Una festa di energia e socialità. Strumento fondamentale per creare relazioni e interazioni inedite. È il mio capodanno, il momento in cui si concretizzano tutti gli sforzi fatti durante un intenso anno di lavoro, un palcoscenico per rendere visibile il proprio racconto. Ci si riposa un giorno e poi si pensa al Salone del prossima anno. Per la città di Milano è sicuramente l’evento più atteso e seguito che ha profondamente inciso sulla morfologia urbana e sulla straordinaria evoluzione che, negli anni, ha proiettato la città in una dimensione internazionale, diventando una grande festa urbana. Il design era ancora una cosa da soli addetti ai lavori: ormai invece è un fatto sociale, di partecipazione collettiva. Il pubblico è curioso, ha scoperto che l’ arte può essere parte della vita quotidiana.
# Il tuo nome girava fra le giovani promesse più interessanti nel Fuori Salone edizione 2009, al Temporary Museum for New Design di Superstudio. Ti abbiamo visto crescere. Il file rouge del tuo lavoro in queste anni?
La coerenza, nel senso che io seguo la mia strada e se piaccio bene, se non piaccio Amen. Per me è fondamentale mantenere il mio tratto distintivo, adattandolo allo spirito dell’azienda con la quale mi interfaccio.
# La prima cosa che salta all’occhio, nei tuoi oggetti di arredo, è la pulizia nei tratti, nulla di superfluo e al contempo molto elegante, in controtendenza al design eccessivo e spettacolare di questi anni.
È importantissimo guardare e conoscere tutto ciò che accade e ci circonda, ma mi piace ancor di più lavorare su strade ancora inesplorate. E poi, la parola tendenza è lontana dal mio modo di intendere il design. Penso a oggetti estremi, per andare contro il tempo e rimanere nel tempo. Che siano contemporanei oggi così come tra 20 anni.

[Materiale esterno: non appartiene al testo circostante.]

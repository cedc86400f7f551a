// A page is touched, a record is logged, and the page is changed.
ghost use Rattle.std.specs.Prelude.{◌*◌, ◌≡◌, ◌⊎◌, ◌+◌, ◌<◌, ◌≤◌, ◌++◌, ◌∷◌, [], ℕ, List, length, None, IfOk, true};
ghost use Rattle.std.specs.Prelude.{OnOk, IfErr, IsErrOf, Option};
ghost use Rattle.site.specs.declared.outside.Dev.{Dev};
ghost use Rattle.site.specs.declared.outside.Stop.{Stop};
ghost use Rattle.site.specs.Calls.{SameReads};
ghost use Rattle.record_model.specs.State.{table_with};
ghost use Rattle.log_records.specs.declared.log_record.LogRecord.{LogRecord};
ghost use Rattle.log_records.specs.Log.{Entry, number_of};
ghost use Rattle.log_records.specs.Sound.{AreOrderly};
ghost use Rattle.log_records.specs.Spelling.{HasForm};
ghost use Rattle.log_store.specs.LogList.{LogList};
ghost use Rattle.log_store.specs.Representation as log_store;
ghost use Rattle.log_store.specs.Representation.{end_of, has_tail};
ghost use Rattle.write_ahead.specs.Forcing.{end_forced};
ghost use Rattle.page_store.specs.declared.store.PageStore.{PageStore};
ghost use Rattle.page_store.specs.Leaves.{AreReady};
ghost use Rattle.second_chance.specs.Machine.{holds};
ghost use Rattle.slotted_page.specs.Layout.{lsn_of};
ghost use Rattle.buffer_pool.specs.Frames.{front_of};
ghost use Rattle.page_store.specs.Caching.{cache_of, with_change};
ghost use Rattle.checkpoint.specs.declared.master.Master.{Master};
ghost use Rattle.redo_laws.specs.Waiting.{LeavesSomeUnder};
ghost use Rattle.redo_laws.specs.Running.{History};
ghost use Rattle.redo_laws.specs.Holding.{Invariant, RepresentsLog, Represents, MayGrow, KeepsPages, IsOnPage};
ghost use Rattle.redo_laws.specs.Holding.{blocks_to};
ghost use Rattle.redo_undo.specs.Fitting.{HasRoomInFront};
ghost use Rattle.redo_laws.specs.Committing.{EndsWith, MayCommit};
ghost use Rattle.log_laws.specs.Follow.{writes_in};
ghost use Rattle.redo_undo.specs.Mirroring.{PerformsOn, PerformsAtRest, touch_work, record_work, change_work};
ghost use Rattle.redo_laws.specs.MachineSteps.{StepsMachine, one_touch};
ghost use Rattle.redo_undo.specs.Redoing.{Opening, IsRedoing, LeavesOpened};
ghost use Rattle.redo_laws.specs.Calls.{KeepsInvariant, LogsNothing, KeepsInvariantBeside, Keeps, KeepsBeside};
ghost use Rattle.page_store.specs.Caching.{next_group};
ghost use Rattle.page_store.specs.Staging.{Stages};

use crate::changing::change_front;
use log_records::LogRecord;
use log_store::LogStore;
use page_store::PageStore;
use site::{Site, Stop};

/// Brings a page to the front of the pool. What log and pages hold together stays, and at each moment the devices stand
/// for the table after some commits, none below the floor. The machine says which pages leave; where they have changes
/// that aren't sealed the log is sealed before.
pub fn touch<S: Site>(
    site: &mut S,
    log: &mut LogStore,
    pages: &mut PageStore,
    page: u32,
) -> Result<(), Stop>
    requires going { Invariant log.old pages.old (S.state site.old) }
    requires exists { page < pages.old.flash.geometry.pages }

    // Of an honest site on which log and pages hold together.
    ensures holds { (newest : Option Master) (records : List Entry) (history : History)
        → Represents log.old pages.old (S.state site.old) newest records history
        → OnOk result (Represents log.new pages.new (S.state site.new) newest records history) }
    ensures keeps { (newest : Option Master) (records : List Entry) (history : History)
        → Represents log.old pages.old (S.state site.old) newest records history
        → Keeps result pages.old.flash.geometry log.old log.new (S.state site.old) (S.state site.new)
        (LeavesSomeUnder newest pages.old.flash.geometry history (S.state site.old).told) 0 0 }

    // Of an honest site with an opened log, while its records are redone: no page knows of a record that isn't sealed.
    ensures redoing { (o : Opening) (front : List Entry) → IsRedoing o log.old pages.old (S.state site.old) front
        → OnOk result (IsRedoing o log.new pages.new (S.state site.new) front) }
    ensures keeps_opened { (o : Opening) (front : List Entry)
        → IsRedoing o log.old pages.old (S.state site.old) front
        → Keeps result pages.old.flash.geometry log.old log.new (S.state site.old) (S.state site.new)
        (LeavesOpened o (S.state site.old).told) 0 0 }
    ensures at_rest { (o : Opening) (front : List Entry) → IsRedoing o log.old pages.old (S.state site.old) front
        → PerformsAtRest result (one_touch page) pages.old pages.new }

    // Of an honest site that log and pages fit, whatever the records say.
    ensures ready { (list : LogList) → AreReady pages.old log.old list (S.state site.old) → list.tail ≡ []
        → OnOk result (AreReady pages.new log.new list (S.state site.new)) }

    // Of every site.
    ensures asks { StepsMachine result (one_touch page) pages.old pages.new (S.state site.old) (S.state site.new) }
    ensures front { OnOk result ((front_of pages.new.pool.frames).page ≡ page) }
    ensures performs { (newest : Option Master) (records : List Entry) (history : History)
        → Represents log.old pages.old (S.state site.old) newest records history
        → PerformsOn result (touch_work page) log.old log.new pages.old pages.new (S.state site.old)
        (S.state site.new) }
    ensures there { OnOk result (0 < length pages.new.pool.frames) }
    ensures logs_nothing { LogsNothing result log.old log.new pages.old pages.new (S.state site.old)
        (S.state site.new) }
{
    pages.touch(site, log, page)
}

/// Appends a record, and answers its LSN. From the kept block on there is room for one block more. The pages stay as
/// they are, so where the record is on none of them log and pages hold together still.
pub fn log_record<S: Site>(site: &mut S, log: &mut LogStore, rec: &LogRecord) -> Result<u64, Stop>
    requires going { log_store.Invariant log.old (S.state site.old) }
    requires form { HasForm rec.now }
    requires room { blocks_to log.old + 1 < log.old.kept + log.old.geometry.blocks }

    // Of an honest site on which log and pages hold together.
    ensures log_holds { (pages : PageStore) (newest : Option Master) (records : List Entry) (history : History)
        → log.old.geometry ≡ pages.flash.geometry
        → Represents log.old pages (S.state site.old) newest records history
        → IfOk result (λ lsn. MayGrow log.old pages (S.state site.old).image newest records
        (record { lsn = lsn; rec = rec.now })
        → RepresentsLog pages.flash.geometry log.new pages (S.state site.new) newest
        (records ++ record { lsn = lsn; rec = rec.now } ∷ []) history) }
    ensures pages { (pages : PageStore) (newest : Option Master) (records : List Entry) (history : History)
        → Represents log.old pages (S.state site.old) newest records history
        → KeepsPages pages.flash.geometry pages (S.state site.old).image (S.state site.new).image }
    ensures holds { (pages : PageStore) (newest : Option Master) (records : List Entry) (history : History)
        → log.old.geometry ≡ pages.flash.geometry
        → Represents log.old pages (S.state site.old) newest records history → number_of rec.now ≡ None
        → IfOk result (λ lsn. MayGrow log.old pages (S.state site.old).image newest records
        (record { lsn = lsn; rec = rec.now })
        → Represents log.new pages (S.state site.new) newest
        (records ++ record { lsn = lsn; rec = rec.now } ∷ []) history) }
    // A Commit waits for its seal: it is one commit more, after which the history has the table with its writes.
    ensures commit { (pages : PageStore) (newest : Option Master) (records : List Entry) (history : History)
        (txn number : ℕ)
        → log.old.geometry ≡ pages.flash.geometry
        → Represents log.old pages (S.state site.old) newest records history
        → rec.now ≡ LogRecord.Commit txn number → MayCommit newest records txn number history.commits
        → history.tables (history.commits + 1)
        ≡ table_with (history.tables history.commits) (writes_in txn records)
        → IfOk result (λ lsn. Represents log.new pages (S.state site.new) newest
        (records ++ record { lsn = lsn; rec = rec.now } ∷ [])
        (record history { commits = history.commits + 1 })) }
    ensures orderly { (pages : PageStore) (newest : Option Master) (records : List Entry) (history : History)
        → log.old.geometry ≡ pages.flash.geometry
        → Represents log.old pages (S.state site.old) newest records history
        → IfOk result (λ lsn. MayGrow log.old pages (S.state site.old).image newest records
        (record { lsn = lsn; rec = rec.now })
        → AreOrderly records → AreOrderly (records ++ record { lsn = lsn; rec = rec.now } ∷ [])) }
    ensures last { (pages : PageStore) (newest : Option Master) (records : List Entry) (history : History)
        → log.old.geometry ≡ pages.flash.geometry
        → Represents log.old pages (S.state site.old) newest records history
        → IfOk result (λ lsn. EndsWith pages.flash.geometry log.new pages (S.state site.new) newest records
        history
        (record { lsn = lsn; rec = rec.now })) }
    ensures keeps { (pages : PageStore) (newest : Option Master) (records : List Entry) (history : History)
        → Represents log.old pages (S.state site.old) newest records history
        → KeepsBeside result log.old log.new pages (S.state site.old) (S.state site.new)
        (LeavesSomeUnder newest pages.flash.geometry history (S.state site.old).told) 1 }
    ensures performs { (pages : PageStore) (newest : Option Master) (records : List Entry) (history : History)
        → Invariant log.old pages (S.state site.old)
        → Represents log.old pages (S.state site.old) newest records history
        → PerformsOn result (record_work rec.now) log.old log.new pages pages (S.state site.old) (S.state site.new) }

    // Of every site.
    ensures rises { IfOk result (λ lsn. (end_of log.old ≤ lsn) × (lsn < end_of log.new)) }
    ensures forced { IfOk result (λ lsn. lsn < end_forced log.new) }
    ensures works { KeepsInvariantBeside result log.old log.new (S.state site.old) (S.state site.new) }
    ensures last_block { IfOk result (λ lsn. 512 * log.new.ring.hi ≤ lsn) }
    ensures some { OnOk result (has_tail log.new ≡ true) }
    ensures blocks { OnOk result (blocks_to log.new ≤ blocks_to log.old + 1) }

    // When each answer comes.
    ensures stops { IfErr result (λ stop. (stop ≡ Stop.Device Dev.Log) ⊎ (stop ≡ Stop.Worn Dev.Log)) }
{
    log.append(site, rec)
}

/// Appends an Update or a CLR, which is on the page in front of the pool and has room there, and changes that page by
/// it. Answers the record's LSN. From the kept block on there is room for one block more. What log and pages hold
/// together goes on by the record, and at each moment the devices stand as they do while a page is touched. Where the
/// page has an LSN from the log's end on it answers Foreign.
pub fn log_change<S: Site>(
    site: &mut S,
    log: &mut LogStore,
    pages: &mut PageStore,
    rec: &LogRecord,
) -> Result<u64, Stop>
    requires going { Invariant log.old pages.old (S.state site.old) }
    requires there { 0 < length pages.old.pool.frames }
    requires form { HasForm rec.now }
    requires on_page { IsOnPage (front_of pages.old.pool.frames).page rec.now }
    requires fits { HasRoomInFront pages.old rec.now }
    requires room { blocks_to log.old + 1 < log.old.kept + log.old.geometry.blocks }

    // Of an honest site on which log and pages hold together.
    ensures holds { (newest : Option Master) (records : List Entry) (history : History)
        → Represents log.old pages.old (S.state site.old) newest records history
        → IfOk result (λ lsn. MayGrow log.old pages.old (S.state site.old).image newest records
        (record { lsn = lsn; rec = rec.now })
        → Represents log.new pages.new (S.state site.new) newest
        (records ++ record { lsn = lsn; rec = rec.now } ∷ []) history) }
    ensures orderly { (newest : Option Master) (records : List Entry) (history : History)
        → Represents log.old pages.old (S.state site.old) newest records history
        → IfOk result (λ lsn. MayGrow log.old pages.old (S.state site.old).image newest records
        (record { lsn = lsn; rec = rec.now })
        → AreOrderly records → AreOrderly (records ++ record { lsn = lsn; rec = rec.now } ∷ [])) }
    ensures keeps { (newest : Option Master) (records : List Entry) (history : History)
        → Represents log.old pages.old (S.state site.old) newest records history
        → Keeps result pages.old.flash.geometry log.old log.new (S.state site.old) (S.state site.new)
        (LeavesSomeUnder newest pages.old.flash.geometry history (S.state site.old).told) 1 0 }
    ensures performs { (newest : Option Master) (records : List Entry) (history : History)
        → Represents log.old pages.old (S.state site.old) newest records history
        → PerformsOn result (change_work rec.now (front_of pages.old.pool.frames).page) log.old log.new pages.old
        pages.new (S.state site.old) (S.state site.new) }

    // Of every site.
    ensures machine { OnOk result (cache_of pages.new ≡ with_change (cache_of pages.old)) }
    ensures rises { IfOk result (λ lsn. (end_of log.old ≤ lsn) × (lsn < end_of log.new)) }
    ensures works { KeepsInvariant result log.old log.new pages.old pages.new (S.state site.old) (S.state site.new) }
    ensures blocks { OnOk result (blocks_to log.new ≤ blocks_to log.old + 1) }
    ensures reads { SameReads (S.state site.old) (S.state site.new) }
    ensures stages { Stages result [] (next_group (cache_of pages.old)) pages.old pages.new (S.state site.old)
        (S.state site.new) }

    // When each answer comes.
    ensures stops { IfErr result (λ stop. (stop ≡ Stop.Device Dev.Log)
        ⊎ ((stop ≡ Stop.Worn Dev.Log) ⊎ (stop ≡ Stop.Foreign))) }
    ensures foreign { IsErrOf result Stop.Foreign
        → end_of log.old ≤ lsn_of (front_of pages.old.pool.frames).content }
{
    let lsn = match log_record(site, log, rec) {
        Ok(lsn) => lsn,
        Err(stop) => return Err(stop),
    };
    if pages.front_lsn() >= lsn {
        return Err(Stop::Foreign);
    }
    change_front(pages, rec, lsn);
    Ok(lsn)
}
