/// Analysis and redo of a restart: the log is read once, from its kept block on. Its records are judged as they are
/// read: where one breaks a rule, or all of them do, it answers Foreign. Analysis hears of each record from the
/// master's redo block on, and of those of the transactions that the master names; from the redo block on each Update
/// and each CLR is redone where its page has a smaller LSN. Where the log's content isn't of the form, or a record is
/// on a page that doesn't exist or has no room for it, it answers Foreign.
pub fn redo<S: Site>(
    alloc: Global,
    site: &mut S,
    log: &mut LogStore,
    pages: &mut PageStore,
    master: &Master,
) -> Result<Redone, Stop>
    requires going { Invariant log.old pages.old (S.state site.old) }
    requires ascend { Ascend master.now.active }

    // Of an honest site with a sound image, whose newest master is handed in. Blocks are those from the oldest kept one
    // on.
    ensures holds { (newest : Option Master) (blocks : List (List LogRecord)) (table : List Content) (commits : ℕ)
        → master.now ≡ saved_by newest
        → IsOpened pages.old.flash.geometry log.old pages.old (S.state site.old) newest blocks table commits
        → OnOk result (Represents log.new pages.new (S.state site.new) newest (log_from (kept_by newest) blocks)
        (settled table commits)) }
    ensures read { (newest : Option Master) (blocks : List (List LogRecord)) (table : List Content) (commits : ℕ)
        → master.now ≡ saved_by newest
        → IsOpened pages.old.flash.geometry log.old pages.old (S.state site.old) newest blocks table commits
        → IfOk result (λ redone. IsAnalysis (master_of newest)
        (taken (logical_image_under newest pages.old.flash.geometry (S.state site.old).image blocks)) redone.found) }
    ensures unfinished { (newest : Option Master) (blocks : List (List LogRecord)) (table : List Content) (commits : ℕ)
        → master.now ≡ saved_by newest
        → IsOpened pages.old.flash.geometry log.old pages.old (S.state site.old) newest blocks table commits
        → IfOk result (λ redone. IsTable [] (log_from (kept_by newest) blocks) (listed redone.found.table)) }
    ensures count { (newest : Option Master) (blocks : List (List LogRecord)) (table : List Content) (commits : ℕ)
        → master.now ≡ saved_by newest
        → IsOpened pages.old.flash.geometry log.old pages.old (S.state site.old) newest blocks table commits
        → IfOk result (λ redone. redone.records ≡ length (log_from (kept_by newest) blocks)) }
    ensures keeps { (newest : Option Master) (blocks : List (List LogRecord)) (table : List Content) (commits : ℕ)
        → master.now ≡ saved_by newest
        → IsOpened pages.old.flash.geometry log.old pages.old (S.state site.old) newest blocks table commits
        → Keeps result pages.old.flash.geometry log.old log.new (S.state site.old) (S.state site.new)
        (LeavesTableUnder newest pages.old.flash.geometry table commits (S.state site.old).told) 0 0 }
    ensures asks { (newest : Option Master) (blocks : List (List LogRecord)) (table : List Content) (commits : ℕ)
        → master.now ≡ saved_by newest
        → IsOpened pages.old.flash.geometry log.old pages.old (S.state site.old) newest blocks table commits
        → AsksAtRest result
        (redo_works (logical_image_under newest pages.old.flash.geometry (S.state site.old).image blocks))
        pages.old pages.new (S.state site.old) (S.state site.new) }

    // Of an honest site that log and pages fit, with these blocks, whatever their records say: it answers Ok only where
    // they keep the rules that are judged.
    ensures judged { (o : Opening) → master.now ≡ saved_by o.newest → o.sizes ≡ pages.old.flash.geometry
        → IsReadable o log.old pages.old (S.state site.old) → IfOk result (λ redone. IsJudged (opened o)) }

    // Of every site.
    ensures works { KeepsInvariant result log.old log.new pages.old pages.new (S.state site.old) (S.state site.new) }
    ensures found_going { IfOk result (λ redone. read.Invariant redone.found) }
    ensures some { IfOk result (λ redone. log.old.ring.hi ≤ log.old.kept + redone.records) }
    ensures few { IfOk result (λ redone. redone.records ≤ 503 * (log.old.ring.hi - log.old.kept)) }
    ensures owed { IfOk result (λ redone. owed_for (listed redone.found.table)
        ≤ redone.records + length master.now.active) }
    ensures blocks { OnOk result (blocks_to log.new ≡ blocks_to log.old) }
    ensures rises { OnOk result (log.old.ring.hi ≤ log.new.ring.hi) }
    ensures log_reads { (S.state site.new).log_reads
        ≤ (S.state site.old).log_reads + (log.old.ring.hi - log.old.kept) }
{
    table_of_records();
    losers_are_taken();
    sound_is_judged();
    let found = match Analysis::start(alloc, master) {
        Ok(found) => found,
        Err(stop) => return Err(stop),
    };
    let judge = match judge_of(alloc, log, master) {
        Ok(judge) => judge,
        Err(stop) => return Err(stop),
    };
    let mut so_far = Redone {
        found,
        records: 0,
        judge,
    };
    let mut content = [0u8; BLOCK_LEN];
    for block in log.kept()..log.sealed_end() / 512 {
        let used = match log.read_block(site, block, &mut content) {
            Ok(used) => used,
            Err(stop) => return Err(stop),
        };
        match take_block(site, log, pages, master, &mut so_far, block, &content, used) {
            Ok(()) => {}
            Err(stop) => return Err(stop),
        }
    }
    if !so_far.judge.is_sound(master) {
        return Err(Stop::Foreign);
    }
    Ok(so_far)
}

# In un mondo sempre più rumoroso e complesso il compito del design e quello di semplificare le cose?
Lo spirito del nostro tempo porta spesso a semplificare, confondendo la semplificazione con l’essenzialità. Chi parla di “semplificazione” il più delle volte si riferisce alla banalizzazione di una realtà complessa, all’appiattimento di differenze e sottigliezze, alla promozione di una soluzione immediatamente pronta. Al contrario, l’essenzialità è andare al cuore delle cose, nel profondo di ogni realtà. Significa fare delle scelte. Stabilire priorità. Credo che la vita sia soprattutto un problema di allineamento delle priorità, e forse fare design è proprio questo: stabilire le proprie.
# Prova a definirti in poche parole…
Molto ambizioso, molto curioso, attento al dettaglio. A volte azzecco tutto, a volte sbaglio tutto. A volte simpatico, a volte antipatico. A volte diretto, a volte incomprensibile, anche per me. Un sognatore ma anche molto concreto.
# Come nasce la tua passione per il design?
Vedendo la passione di mio padre, aveva una carpenteria meccanica, un lavoro di altissima precisione. Mi ha lasciato l’idea che uno dei mestieri più belli che si possa fare è un mestiere che ti appassiona ma per non farlo cadere occorre essere rigorosi.
# Studi?
Ho il diploma di perito industriale, e poi ho perfezionato il mio stile alla Central Saint Martins di Londra, un importante istituto di formazione artistica e di design situato a Southampton, frequentato da persone provenienti da tutto il mondo.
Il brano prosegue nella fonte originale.